**Directions**
I need the lines below from the one with "Form::RILa | Form::RILaSigned" down to the one with "Format::RR | Format::I" reproduced exactly, both ends included, and nothing else.

**Material for this exercise**
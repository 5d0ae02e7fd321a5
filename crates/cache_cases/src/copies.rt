//! Copies of lines: which are there, what they hold, and when there is no room.

use l1_data::{L1, LINE_SIZE, LINES, MOST_COPIES};
use std::alloc::Global;
use std::test::Fail;

/// Makes a copy of a line with the same byte everywhere, where one may be made.
fn fill(l1: &mut L1, line: u32, byte: u8) -> bool {
    if line as usize >= LINES || l1.has(line) {
        return false;
    }
    if l1.count() as usize >= MOST_COPIES {
        return false;
    }
    l1.install(line, &[byte; LINE_SIZE]);
    true
}

/// A byte of a copy, where there is one.
fn byte(l1: &L1, line: u32, at: u32) -> Option<u8> {
    if !l1.has(line) || at as usize >= LINE_SIZE {
        return None;
    }
    Some(l1.get(line, at))
}

/// Changes a byte of a copy, where there is one.
fn change(l1: &mut L1, line: u32, at: u32, byte: u8) -> bool {
    if !l1.has(line) || at as usize >= LINE_SIZE {
        return false;
    }
    l1.put(line, at, byte);
    true
}

/// Changes bytes of a copy from a place on, where there is one with room for them, and gives all of it.
fn change_all<'a>(l1: &'a mut L1, line: u32, at: u32, bytes: &[u8]) -> Option<&'a [u8]> {
    if !l1.has(line) || bytes.len() > LINE_SIZE || at as usize > LINE_SIZE - bytes.len() {
        return None;
    }
    l1.lay(line, at, bytes);
    Some(l1.copy_of(line))
}

/// The last byte of a copy, where there is one.
fn last_byte(l1: &L1, line: u32) -> Option<u8> {
    l1.find(line).map(|copy| copy[LINE_SIZE - 1])
}

/// Drops a copy, where there is one.
fn take_away(l1: &mut L1, line: u32) -> bool {
    if !l1.has(line) {
        return false;
    }
    l1.drop_line(line);
    true
}

/// Makes copies of the lines 0 to 383, each with bytes of its own. How many were made.
fn fill_all(l1: &mut L1) -> u32 {
    let mut made = 0u32;
    for line in 0..384u32 {
        if fill(l1, line, (line % 251) as u8) {
            made = made.saturating_add(1);
        }
    }
    made
}

/// How many copies are made; whether one more is, one is dropped, and one more is then; how many there are before and
/// behind the drop; and bytes of the dropped line, of two others and of the new one.
type Refilled = (u32, [bool; 3], [u32; 2], [Option<u8>; 4]);

fn refill(l1: &mut L1) -> Refilled {
    let made = fill_all(l1);
    let one_more = fill(l1, 4095, 7);
    let before = l1.count();
    let dropped = take_away(l1, 40);
    let behind = l1.count();
    let again = fill(l1, 4095, 7);
    let bytes = [
        byte(l1, 40, 0),
        byte(l1, 383, 255),
        byte(l1, 39, 255),
        byte(l1, 4095, 0),
    ];
    (made, [one_more, dropped, again], [before, behind], bytes)
}

/// The same of copies that are opened.
fn refilled(alloc: Global) -> Result<Refilled, Fail> {
    let mut l1 = L1::open(alloc)?;
    Ok(refill(&mut l1))
}

#[test]
fn fills_drops_and_fills_again(rt: HostRuntime) -> Result<(), Fail> {
    let told = refilled(rt.alloc())?;
    let bytes = [None, Some(132), Some(39), Some(7)];
    assert_eq!(rt; told, (384, [false, true, true], [384, 383], bytes));
    Ok(())
}

/// Whether two copies are made and a byte of the first one changes, and three bytes.
fn change_one(l1: &mut L1) -> ([bool; 3], [Option<u8>; 3]) {
    let first = fill(l1, 144, 1);
    let second = fill(l1, 145, 2);
    let changed = change(l1, 144, 255, 9);
    let bytes = [byte(l1, 144, 255), byte(l1, 144, 254), byte(l1, 145, 255)];
    ([first, second, changed], bytes)
}

/// The same of copies that are opened.
fn one_changed(alloc: Global) -> Result<([bool; 3], [Option<u8>; 3]), Fail> {
    let mut l1 = L1::open(alloc)?;
    Ok(change_one(&mut l1))
}

#[test]
fn a_byte_of_one_copy_changes(rt: HostRuntime) -> Result<(), Fail> {
    let told = one_changed(rt.alloc())?;
    assert_eq!(rt; told, ([true; 3], [Some(9), Some(1), Some(2)]));
    Ok(())
}

/// The length and the last four bytes of a copy whose last three bytes have changed, where there is one.
type Tail = Option<(usize, [Option<u8>; 4])>;

fn tail_of(l1: &mut L1) -> Tail {
    let copy = change_all(l1, 144, 253, &[7, 8, 9])?;
    let tail = [
        copy.get(252).copied(),
        copy.get(253).copied(),
        copy.get(254).copied(),
        copy.get(255).copied(),
    ];
    Some((copy.len(), tail))
}

/// Whether a copy is made; its length and its last bytes then; whether none is changed where none is; and the last bytes
/// of both lines.
type Changed = (bool, Tail, bool, [Option<u8>; 2]);

fn change_last(l1: &mut L1) -> Changed {
    let filled = fill(l1, 144, 1);
    let tail = tail_of(l1);
    let none = change_all(l1, 145, 0, &[7]).is_none();
    (filled, tail, none, [last_byte(l1, 144), last_byte(l1, 145)])
}

/// The same of copies that are opened.
fn last_changed(alloc: Global) -> Result<Changed, Fail> {
    let mut l1 = L1::open(alloc)?;
    Ok(change_last(&mut l1))
}

#[test]
fn the_last_bytes_of_a_copy_change(rt: HostRuntime) -> Result<(), Fail> {
    let told = last_changed(rt.alloc())?;
    let tail = Some((256, [Some(1), Some(7), Some(8), Some(9)]));
    assert_eq!(rt; told, (true, tail, true, [Some(9), None]));
    Ok(())
}

/// Whether a copy is made before and behind a clearing, how many there are in between, and the last byte.
fn clear(l1: &mut L1) -> ([bool; 2], u32, Option<u8>) {
    let first = fill(l1, 144, 1);
    l1.clear();
    let count = l1.count();
    let second = fill(l1, 144, 3);
    ([first, second], count, byte(l1, 144, 255))
}

/// The same of copies that are opened.
fn cleared(alloc: Global) -> Result<([bool; 2], u32, Option<u8>), Fail> {
    let mut l1 = L1::open(alloc)?;
    Ok(clear(&mut l1))
}

#[test]
fn nothing_is_left_of_an_old_copy(rt: HostRuntime) -> Result<(), Fail> {
    let told = cleared(rt.alloc())?;
    assert_eq!(rt; told, ([true; 2], 0, Some(3)));
    Ok(())
}
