//! The formats of instructions.
ghost use Rattle.std.specs.Prelude.{◌≡◌};
ghost use Rattle.z_instr.specs.Forms.{format_of as without_letter};
ghost use Rattle.z_instr.specs.Layout.{place, form_length};

use crate::form::Form;
use crate::layout::layout_in;

/// How the bits of an instruction are shared out among its opcode and its fields.
#[derive(Clone, Copy, PartialEq, Eq)]
pub enum Format {
    RR,
    I,
    RX,
    RRE,
    RRFa,
    RRFc,
    RXY,
    RI,
    RIL,
    RS,
    RSY,
    SI,
    SIY,
    SIL,
    S,
    SS,
    RIEb,
    RIEc,
}

/// Where an instruction has its opcode.
#[derive(Clone, Copy, PartialEq, Eq)]
pub enum Place {
    /// The first byte.
    First,
    /// The first two bytes.
    FirstTwo,
    /// The first byte and the right half of the second.
    FirstHalf,
    /// The first byte and the last of six.
    Ends,
}

/// The format of a form, without its letter.
pub fn format_of(form: Form) -> Format
    ensures { result ≡ without_letter form }
{
    match form {
        Form::RR | Form::RRMask | Form::RRSingle => Format::RR,
        Form::I => Format::I,
        Form::RXa | Form::RXb => Format::RX,
        Form::RRE | Form::RRESingle => Format::RRE,
        Form::RRFa => Format::RRFa,
        Form::RRFc => Format::RRFc,
        Form::RXYa => Format::RXY,
        Form::RIa | Form::RIaSigned | Form::RIb | Form::RIc => Format::RI,
        Form::RILa | Form::RILaSigned | Form::RILb | Form::RILc => Format::RIL,
        Form::RSa | Form::RSaSingle => Format::RS,
        Form::RSYa | Form::RSYb => Format::RSY,
        Form::SI => Format::SI,
        Form::SIY => Format::SIY,
        Form::SIL | Form::SILSigned => Format::SIL,
        Form::S | Form::SAlone => Format::S,
        Form::SSa => Format::SS,
        Form::RIEb => Format::RIEb,
        Form::RIEc => Format::RIEc,
    }
}

/// Where the instructions of a form have their opcodes.
pub fn place_of(form: Form) -> Place
    ensures { result ≡ place form }
{
    match format_of(form) {
        Format::RR | Format::I | Format::RX | Format::RS | Format::SI | Format::SS => Place::First,
        Format::RRE | Format::RRFa | Format::RRFc | Format::SIL | Format::S => Place::FirstTwo,
        Format::RI | Format::RIL => Place::FirstHalf,
        Format::RXY | Format::RSY | Format::SIY | Format::RIEb | Format::RIEc => Place::Ends,
    }
}

/// How many bytes the instructions of a form have: 2, 4 or 6.
pub fn length_in(form: Form) -> u8
    ensures { result ≡ form_length form }
{
    (layout_in(form).len() / 2) as u8
}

**Exercise result**
        Form::RILa | Form::RILaSigned | Form::RILb | Form::RILc => Format::RIL,
        Form::RSa | Form::RSaSingle => Format::RS,
        Form::RSYa | Form::RSYb => Format::RSY,
        Form::SI => Format::SI,
        Form::SIY => Format::SIY,
        Form::SIL | Form::SILSigned => Format::SIL,
        Form::S | Form::SAlone => Format::S,
        Form::SSa => Format::SS,
        Form::RIEb => Format::RIEb,
        Form::RIEc => Format::RIEc,
    }
}

/// Where the instructions of a form have their opcodes.
pub fn place_of(form: Form) -> Place
    ensures { result ≡ place form }
{
    match format_of(form) {
        Format::RR | Format::I | Format::RX | Format::RS | Format::SI | Format::SS => Place::First,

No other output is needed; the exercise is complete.